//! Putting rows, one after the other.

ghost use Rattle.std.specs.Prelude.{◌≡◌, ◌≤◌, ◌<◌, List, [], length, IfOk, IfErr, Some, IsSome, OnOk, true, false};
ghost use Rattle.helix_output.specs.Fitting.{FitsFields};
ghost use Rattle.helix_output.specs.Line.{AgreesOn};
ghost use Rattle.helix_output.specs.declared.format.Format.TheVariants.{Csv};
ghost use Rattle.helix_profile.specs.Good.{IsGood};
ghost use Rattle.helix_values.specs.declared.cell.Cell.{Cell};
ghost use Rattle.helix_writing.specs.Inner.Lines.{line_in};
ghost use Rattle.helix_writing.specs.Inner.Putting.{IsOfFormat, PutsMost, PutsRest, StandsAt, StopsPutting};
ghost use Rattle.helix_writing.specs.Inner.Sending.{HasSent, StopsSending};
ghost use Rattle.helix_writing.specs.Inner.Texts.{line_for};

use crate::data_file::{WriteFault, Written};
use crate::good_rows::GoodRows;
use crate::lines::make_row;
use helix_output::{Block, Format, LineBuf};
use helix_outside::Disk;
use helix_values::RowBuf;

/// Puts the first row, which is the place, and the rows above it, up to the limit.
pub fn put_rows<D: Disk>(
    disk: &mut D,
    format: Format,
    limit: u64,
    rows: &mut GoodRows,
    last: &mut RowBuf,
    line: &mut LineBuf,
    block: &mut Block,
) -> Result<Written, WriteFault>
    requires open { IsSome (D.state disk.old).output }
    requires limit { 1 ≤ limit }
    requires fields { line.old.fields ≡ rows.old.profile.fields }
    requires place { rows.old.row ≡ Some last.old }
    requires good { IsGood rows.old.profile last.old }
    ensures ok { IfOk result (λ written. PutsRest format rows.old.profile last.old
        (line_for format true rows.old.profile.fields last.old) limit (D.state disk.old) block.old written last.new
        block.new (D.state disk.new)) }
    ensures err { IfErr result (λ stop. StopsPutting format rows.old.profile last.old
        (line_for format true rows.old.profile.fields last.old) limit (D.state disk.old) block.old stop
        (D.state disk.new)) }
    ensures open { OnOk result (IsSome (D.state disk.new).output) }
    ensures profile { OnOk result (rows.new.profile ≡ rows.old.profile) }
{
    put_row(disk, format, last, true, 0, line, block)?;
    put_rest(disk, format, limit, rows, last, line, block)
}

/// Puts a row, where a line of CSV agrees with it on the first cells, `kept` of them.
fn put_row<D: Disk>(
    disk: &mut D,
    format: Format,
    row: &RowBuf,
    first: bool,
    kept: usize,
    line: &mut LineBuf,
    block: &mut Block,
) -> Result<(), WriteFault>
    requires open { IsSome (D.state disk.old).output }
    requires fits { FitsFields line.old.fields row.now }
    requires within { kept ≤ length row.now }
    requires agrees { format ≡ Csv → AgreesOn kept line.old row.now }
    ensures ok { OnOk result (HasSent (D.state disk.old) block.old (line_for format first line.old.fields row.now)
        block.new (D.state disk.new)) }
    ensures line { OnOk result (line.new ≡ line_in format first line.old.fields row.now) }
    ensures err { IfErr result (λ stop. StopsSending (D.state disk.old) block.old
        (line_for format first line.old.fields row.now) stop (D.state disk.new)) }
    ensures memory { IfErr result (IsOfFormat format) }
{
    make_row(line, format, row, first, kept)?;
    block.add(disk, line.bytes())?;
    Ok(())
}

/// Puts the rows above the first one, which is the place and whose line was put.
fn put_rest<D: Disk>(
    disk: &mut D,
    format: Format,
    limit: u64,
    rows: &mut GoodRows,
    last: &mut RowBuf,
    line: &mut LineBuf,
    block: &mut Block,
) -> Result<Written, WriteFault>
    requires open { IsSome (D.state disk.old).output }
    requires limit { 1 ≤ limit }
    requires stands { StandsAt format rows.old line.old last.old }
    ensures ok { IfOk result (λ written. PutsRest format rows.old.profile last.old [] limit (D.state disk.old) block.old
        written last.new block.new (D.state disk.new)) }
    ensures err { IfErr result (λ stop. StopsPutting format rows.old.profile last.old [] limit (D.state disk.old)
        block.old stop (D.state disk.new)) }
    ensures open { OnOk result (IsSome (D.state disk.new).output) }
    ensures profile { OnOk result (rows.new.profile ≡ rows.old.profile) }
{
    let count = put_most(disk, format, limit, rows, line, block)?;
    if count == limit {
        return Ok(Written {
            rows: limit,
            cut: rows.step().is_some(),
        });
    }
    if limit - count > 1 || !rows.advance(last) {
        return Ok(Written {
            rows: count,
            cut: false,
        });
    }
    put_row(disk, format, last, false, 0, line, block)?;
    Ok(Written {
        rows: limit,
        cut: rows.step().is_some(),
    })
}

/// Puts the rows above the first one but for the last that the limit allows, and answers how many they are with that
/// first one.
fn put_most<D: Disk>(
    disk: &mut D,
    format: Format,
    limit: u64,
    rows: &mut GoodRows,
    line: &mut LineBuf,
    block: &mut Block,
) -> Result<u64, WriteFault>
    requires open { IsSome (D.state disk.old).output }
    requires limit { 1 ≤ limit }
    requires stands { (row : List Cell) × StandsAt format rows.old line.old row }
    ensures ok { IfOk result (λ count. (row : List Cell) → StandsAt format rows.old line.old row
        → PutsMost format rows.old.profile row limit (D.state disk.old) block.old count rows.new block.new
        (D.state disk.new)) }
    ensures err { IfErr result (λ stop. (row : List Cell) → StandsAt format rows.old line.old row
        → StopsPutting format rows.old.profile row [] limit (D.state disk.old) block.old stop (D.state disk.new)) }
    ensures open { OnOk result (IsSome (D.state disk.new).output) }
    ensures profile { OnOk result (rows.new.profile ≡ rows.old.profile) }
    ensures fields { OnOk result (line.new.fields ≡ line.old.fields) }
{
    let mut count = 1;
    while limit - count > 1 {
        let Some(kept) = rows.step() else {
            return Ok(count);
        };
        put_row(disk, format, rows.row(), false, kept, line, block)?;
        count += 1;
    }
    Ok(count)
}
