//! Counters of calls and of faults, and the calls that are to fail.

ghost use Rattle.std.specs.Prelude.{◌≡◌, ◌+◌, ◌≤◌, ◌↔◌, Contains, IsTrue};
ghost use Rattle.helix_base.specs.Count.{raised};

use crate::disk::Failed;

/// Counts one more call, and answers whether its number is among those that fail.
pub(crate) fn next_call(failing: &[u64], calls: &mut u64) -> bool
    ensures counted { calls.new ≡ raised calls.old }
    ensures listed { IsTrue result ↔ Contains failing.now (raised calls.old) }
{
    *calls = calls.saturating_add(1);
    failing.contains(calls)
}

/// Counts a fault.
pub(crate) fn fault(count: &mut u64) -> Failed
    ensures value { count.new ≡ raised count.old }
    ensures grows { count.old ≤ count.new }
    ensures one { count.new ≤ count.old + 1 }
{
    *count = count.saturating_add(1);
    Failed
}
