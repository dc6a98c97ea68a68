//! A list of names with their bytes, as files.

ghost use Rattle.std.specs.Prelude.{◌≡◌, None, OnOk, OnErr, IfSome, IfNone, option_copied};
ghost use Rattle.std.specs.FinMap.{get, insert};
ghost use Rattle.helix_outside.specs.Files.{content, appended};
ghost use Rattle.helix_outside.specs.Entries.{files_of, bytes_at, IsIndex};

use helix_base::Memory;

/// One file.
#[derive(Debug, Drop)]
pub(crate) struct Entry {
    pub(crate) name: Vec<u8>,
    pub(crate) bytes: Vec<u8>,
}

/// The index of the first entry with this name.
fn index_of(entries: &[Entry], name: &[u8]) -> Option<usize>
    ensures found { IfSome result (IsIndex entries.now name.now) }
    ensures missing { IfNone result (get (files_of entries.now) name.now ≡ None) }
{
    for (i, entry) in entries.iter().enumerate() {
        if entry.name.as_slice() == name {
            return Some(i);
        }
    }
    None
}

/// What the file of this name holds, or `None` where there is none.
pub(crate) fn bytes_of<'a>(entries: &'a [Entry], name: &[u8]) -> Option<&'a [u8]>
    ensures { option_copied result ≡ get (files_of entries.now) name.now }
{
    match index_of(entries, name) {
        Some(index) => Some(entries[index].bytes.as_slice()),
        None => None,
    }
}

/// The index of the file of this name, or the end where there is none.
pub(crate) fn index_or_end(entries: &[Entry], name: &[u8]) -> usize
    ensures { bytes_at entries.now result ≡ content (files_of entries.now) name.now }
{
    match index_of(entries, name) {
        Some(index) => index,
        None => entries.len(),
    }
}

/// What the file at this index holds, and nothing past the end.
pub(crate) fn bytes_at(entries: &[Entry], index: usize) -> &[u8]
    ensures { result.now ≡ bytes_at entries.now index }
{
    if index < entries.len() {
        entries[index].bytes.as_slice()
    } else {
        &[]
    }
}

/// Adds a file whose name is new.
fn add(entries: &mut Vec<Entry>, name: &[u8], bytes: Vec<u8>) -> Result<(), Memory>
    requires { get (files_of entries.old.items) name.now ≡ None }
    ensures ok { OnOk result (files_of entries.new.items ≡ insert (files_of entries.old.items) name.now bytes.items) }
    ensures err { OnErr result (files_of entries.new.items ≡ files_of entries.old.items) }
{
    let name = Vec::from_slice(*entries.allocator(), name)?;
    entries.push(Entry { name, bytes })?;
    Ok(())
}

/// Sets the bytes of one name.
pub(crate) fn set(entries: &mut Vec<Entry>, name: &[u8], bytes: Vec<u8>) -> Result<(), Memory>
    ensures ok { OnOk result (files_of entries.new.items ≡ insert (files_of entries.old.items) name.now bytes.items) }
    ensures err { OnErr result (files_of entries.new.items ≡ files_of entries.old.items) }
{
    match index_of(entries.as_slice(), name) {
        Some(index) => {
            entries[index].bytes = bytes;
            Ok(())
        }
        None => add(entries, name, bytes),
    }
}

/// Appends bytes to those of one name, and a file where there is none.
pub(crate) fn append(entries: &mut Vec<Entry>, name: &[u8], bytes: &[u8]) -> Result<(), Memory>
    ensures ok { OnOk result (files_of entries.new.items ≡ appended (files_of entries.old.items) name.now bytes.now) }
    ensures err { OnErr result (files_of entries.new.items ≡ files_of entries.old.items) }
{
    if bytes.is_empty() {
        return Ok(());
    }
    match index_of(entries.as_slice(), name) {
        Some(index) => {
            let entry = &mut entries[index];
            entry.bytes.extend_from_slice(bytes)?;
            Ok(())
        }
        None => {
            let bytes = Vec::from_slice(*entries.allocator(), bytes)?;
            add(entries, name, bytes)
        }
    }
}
◆ ◆ ◆ ◆
## [EXERCISE REQUIREMENTS]
Figure out how many lines above include the string "kept", then report that number and nothing else.

## [WORKED SOLUTION]
7